Restate word for word the lines of the entries below, starting with the line that holds "fn a_removed_face_joins_two_volumes(rt: HostRuntime)" and ending with the line that holds "of two volumes.", and no others.

◇ ◇ ◇ ◇ ◇

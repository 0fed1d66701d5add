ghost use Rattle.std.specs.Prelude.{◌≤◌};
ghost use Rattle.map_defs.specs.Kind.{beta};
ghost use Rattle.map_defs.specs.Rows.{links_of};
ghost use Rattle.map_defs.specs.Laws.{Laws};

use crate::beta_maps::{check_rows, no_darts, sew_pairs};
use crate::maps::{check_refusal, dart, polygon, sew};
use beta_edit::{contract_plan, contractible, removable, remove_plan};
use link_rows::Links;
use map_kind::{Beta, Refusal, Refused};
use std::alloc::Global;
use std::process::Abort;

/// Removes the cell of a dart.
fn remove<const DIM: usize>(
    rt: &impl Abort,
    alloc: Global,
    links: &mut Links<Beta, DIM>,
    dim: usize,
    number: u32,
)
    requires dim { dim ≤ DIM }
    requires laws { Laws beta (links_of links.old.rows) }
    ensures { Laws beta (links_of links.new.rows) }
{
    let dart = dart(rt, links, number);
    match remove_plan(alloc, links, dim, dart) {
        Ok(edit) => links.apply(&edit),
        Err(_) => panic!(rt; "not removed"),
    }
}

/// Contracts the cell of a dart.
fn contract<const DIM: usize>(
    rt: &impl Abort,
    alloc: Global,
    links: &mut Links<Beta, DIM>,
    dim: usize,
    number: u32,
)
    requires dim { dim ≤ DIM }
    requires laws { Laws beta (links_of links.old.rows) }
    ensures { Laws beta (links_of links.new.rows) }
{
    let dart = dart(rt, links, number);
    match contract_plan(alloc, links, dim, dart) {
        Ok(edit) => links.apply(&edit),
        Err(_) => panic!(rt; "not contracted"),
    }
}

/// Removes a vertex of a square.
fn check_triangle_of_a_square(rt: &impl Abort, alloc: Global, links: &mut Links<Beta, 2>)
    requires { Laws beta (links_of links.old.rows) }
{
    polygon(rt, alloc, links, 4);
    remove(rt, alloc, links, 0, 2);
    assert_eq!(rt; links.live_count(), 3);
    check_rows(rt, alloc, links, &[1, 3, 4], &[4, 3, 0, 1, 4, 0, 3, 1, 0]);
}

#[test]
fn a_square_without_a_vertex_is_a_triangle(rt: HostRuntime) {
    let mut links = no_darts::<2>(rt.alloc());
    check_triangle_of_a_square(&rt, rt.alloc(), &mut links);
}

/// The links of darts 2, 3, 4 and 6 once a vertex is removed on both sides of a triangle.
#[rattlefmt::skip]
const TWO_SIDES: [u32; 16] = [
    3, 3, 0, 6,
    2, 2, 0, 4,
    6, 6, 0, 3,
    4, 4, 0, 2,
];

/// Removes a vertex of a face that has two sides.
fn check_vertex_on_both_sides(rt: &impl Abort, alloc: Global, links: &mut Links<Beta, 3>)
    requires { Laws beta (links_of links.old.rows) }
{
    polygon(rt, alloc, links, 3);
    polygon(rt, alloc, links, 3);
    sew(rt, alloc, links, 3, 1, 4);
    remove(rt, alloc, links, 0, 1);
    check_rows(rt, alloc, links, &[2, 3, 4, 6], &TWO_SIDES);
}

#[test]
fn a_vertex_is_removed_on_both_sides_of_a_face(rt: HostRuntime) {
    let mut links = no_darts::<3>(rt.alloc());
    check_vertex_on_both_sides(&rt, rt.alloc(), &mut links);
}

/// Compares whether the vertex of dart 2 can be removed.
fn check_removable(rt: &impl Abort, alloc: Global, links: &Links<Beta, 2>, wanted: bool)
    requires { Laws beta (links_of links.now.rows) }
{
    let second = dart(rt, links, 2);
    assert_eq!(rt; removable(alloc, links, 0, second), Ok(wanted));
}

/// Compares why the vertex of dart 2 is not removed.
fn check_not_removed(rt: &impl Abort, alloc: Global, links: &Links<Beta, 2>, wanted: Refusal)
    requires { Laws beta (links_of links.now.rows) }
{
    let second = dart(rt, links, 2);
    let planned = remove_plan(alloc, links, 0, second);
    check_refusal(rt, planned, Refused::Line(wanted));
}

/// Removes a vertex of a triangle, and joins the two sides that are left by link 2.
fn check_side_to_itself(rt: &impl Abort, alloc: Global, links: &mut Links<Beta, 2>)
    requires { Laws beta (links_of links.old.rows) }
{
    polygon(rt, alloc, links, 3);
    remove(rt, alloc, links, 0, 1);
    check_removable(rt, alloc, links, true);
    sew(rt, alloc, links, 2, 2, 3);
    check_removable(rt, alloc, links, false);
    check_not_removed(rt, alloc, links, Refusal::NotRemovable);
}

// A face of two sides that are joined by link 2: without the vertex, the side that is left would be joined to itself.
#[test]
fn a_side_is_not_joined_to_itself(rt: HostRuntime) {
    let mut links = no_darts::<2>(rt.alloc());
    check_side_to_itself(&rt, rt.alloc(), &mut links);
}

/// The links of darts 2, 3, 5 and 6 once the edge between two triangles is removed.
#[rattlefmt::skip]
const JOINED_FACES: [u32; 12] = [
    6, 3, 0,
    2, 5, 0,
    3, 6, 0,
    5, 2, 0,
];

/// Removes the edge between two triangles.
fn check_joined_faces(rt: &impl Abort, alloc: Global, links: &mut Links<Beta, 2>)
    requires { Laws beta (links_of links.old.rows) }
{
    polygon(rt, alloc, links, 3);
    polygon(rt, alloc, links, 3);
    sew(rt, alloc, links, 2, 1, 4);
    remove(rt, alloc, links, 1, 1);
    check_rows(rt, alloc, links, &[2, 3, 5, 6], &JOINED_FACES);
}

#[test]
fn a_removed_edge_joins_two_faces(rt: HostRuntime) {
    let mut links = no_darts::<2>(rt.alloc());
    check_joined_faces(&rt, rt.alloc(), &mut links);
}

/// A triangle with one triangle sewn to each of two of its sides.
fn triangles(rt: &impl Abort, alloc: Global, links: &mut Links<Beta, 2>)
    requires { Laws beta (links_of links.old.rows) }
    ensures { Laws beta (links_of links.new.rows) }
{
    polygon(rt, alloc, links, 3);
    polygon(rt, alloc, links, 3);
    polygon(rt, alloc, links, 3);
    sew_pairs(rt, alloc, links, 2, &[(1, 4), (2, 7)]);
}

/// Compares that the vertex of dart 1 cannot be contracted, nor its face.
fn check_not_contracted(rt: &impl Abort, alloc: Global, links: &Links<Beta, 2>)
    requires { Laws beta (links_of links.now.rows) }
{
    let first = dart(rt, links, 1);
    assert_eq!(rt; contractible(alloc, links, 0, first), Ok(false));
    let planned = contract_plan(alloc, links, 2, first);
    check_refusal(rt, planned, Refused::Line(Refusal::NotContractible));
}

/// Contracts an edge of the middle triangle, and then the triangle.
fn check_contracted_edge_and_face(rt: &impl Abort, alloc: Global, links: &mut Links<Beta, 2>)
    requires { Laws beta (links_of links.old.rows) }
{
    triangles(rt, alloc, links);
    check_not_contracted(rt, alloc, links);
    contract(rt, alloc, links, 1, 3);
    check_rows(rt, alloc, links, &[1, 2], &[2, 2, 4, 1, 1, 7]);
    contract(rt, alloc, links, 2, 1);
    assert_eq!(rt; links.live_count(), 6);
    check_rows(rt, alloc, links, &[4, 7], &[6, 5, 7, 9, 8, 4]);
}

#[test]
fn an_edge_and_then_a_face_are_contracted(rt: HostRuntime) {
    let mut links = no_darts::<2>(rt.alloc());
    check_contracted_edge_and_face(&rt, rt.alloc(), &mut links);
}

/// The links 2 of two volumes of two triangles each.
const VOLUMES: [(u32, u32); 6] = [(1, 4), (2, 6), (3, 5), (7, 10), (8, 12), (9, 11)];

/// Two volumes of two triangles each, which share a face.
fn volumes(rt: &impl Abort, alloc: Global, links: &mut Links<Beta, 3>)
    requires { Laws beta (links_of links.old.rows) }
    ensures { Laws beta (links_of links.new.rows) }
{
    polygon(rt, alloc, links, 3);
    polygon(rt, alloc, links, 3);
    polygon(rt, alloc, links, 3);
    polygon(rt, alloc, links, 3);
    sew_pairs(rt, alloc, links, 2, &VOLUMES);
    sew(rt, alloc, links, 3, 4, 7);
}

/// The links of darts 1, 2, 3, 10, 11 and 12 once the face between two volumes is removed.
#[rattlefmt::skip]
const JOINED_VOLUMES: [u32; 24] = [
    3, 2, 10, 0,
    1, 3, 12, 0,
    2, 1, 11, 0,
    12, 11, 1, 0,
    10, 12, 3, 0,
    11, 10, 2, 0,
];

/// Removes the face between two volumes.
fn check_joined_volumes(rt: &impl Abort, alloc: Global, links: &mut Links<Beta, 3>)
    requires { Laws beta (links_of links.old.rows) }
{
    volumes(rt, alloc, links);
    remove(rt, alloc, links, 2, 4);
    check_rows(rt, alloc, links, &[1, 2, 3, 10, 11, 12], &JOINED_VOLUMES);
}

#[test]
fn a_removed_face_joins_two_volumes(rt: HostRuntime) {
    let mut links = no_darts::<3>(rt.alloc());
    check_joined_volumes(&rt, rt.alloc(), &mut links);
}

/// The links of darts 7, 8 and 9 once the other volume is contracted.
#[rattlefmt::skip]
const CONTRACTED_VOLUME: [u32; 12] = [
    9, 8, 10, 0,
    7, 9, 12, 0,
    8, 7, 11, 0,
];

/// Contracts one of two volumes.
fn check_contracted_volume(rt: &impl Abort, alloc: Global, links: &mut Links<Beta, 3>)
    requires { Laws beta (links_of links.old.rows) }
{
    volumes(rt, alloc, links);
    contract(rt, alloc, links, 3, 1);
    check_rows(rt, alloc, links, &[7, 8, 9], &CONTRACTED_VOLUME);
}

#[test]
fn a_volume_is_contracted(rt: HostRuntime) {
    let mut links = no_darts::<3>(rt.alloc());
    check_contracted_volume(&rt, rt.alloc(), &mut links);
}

◇ ◇ ◇ ◇ ◇

OUTPUT OF THE TASK
fn a_removed_face_joins_two_volumes(rt: HostRuntime) {
    let mut links = no_darts::<3>(rt.alloc());
    check_joined_volumes(&rt, rt.alloc(), &mut links);
}

/// The links of darts 7, 8 and 9 once the other volume is contracted.
#[rattlefmt::skip]
const CONTRACTED_VOLUME: [u32; 12] = [
    9, 8, 10, 0,
    7, 9, 12, 0,
    8, 7, 11, 0,
];

/// Contracts one of two volumes.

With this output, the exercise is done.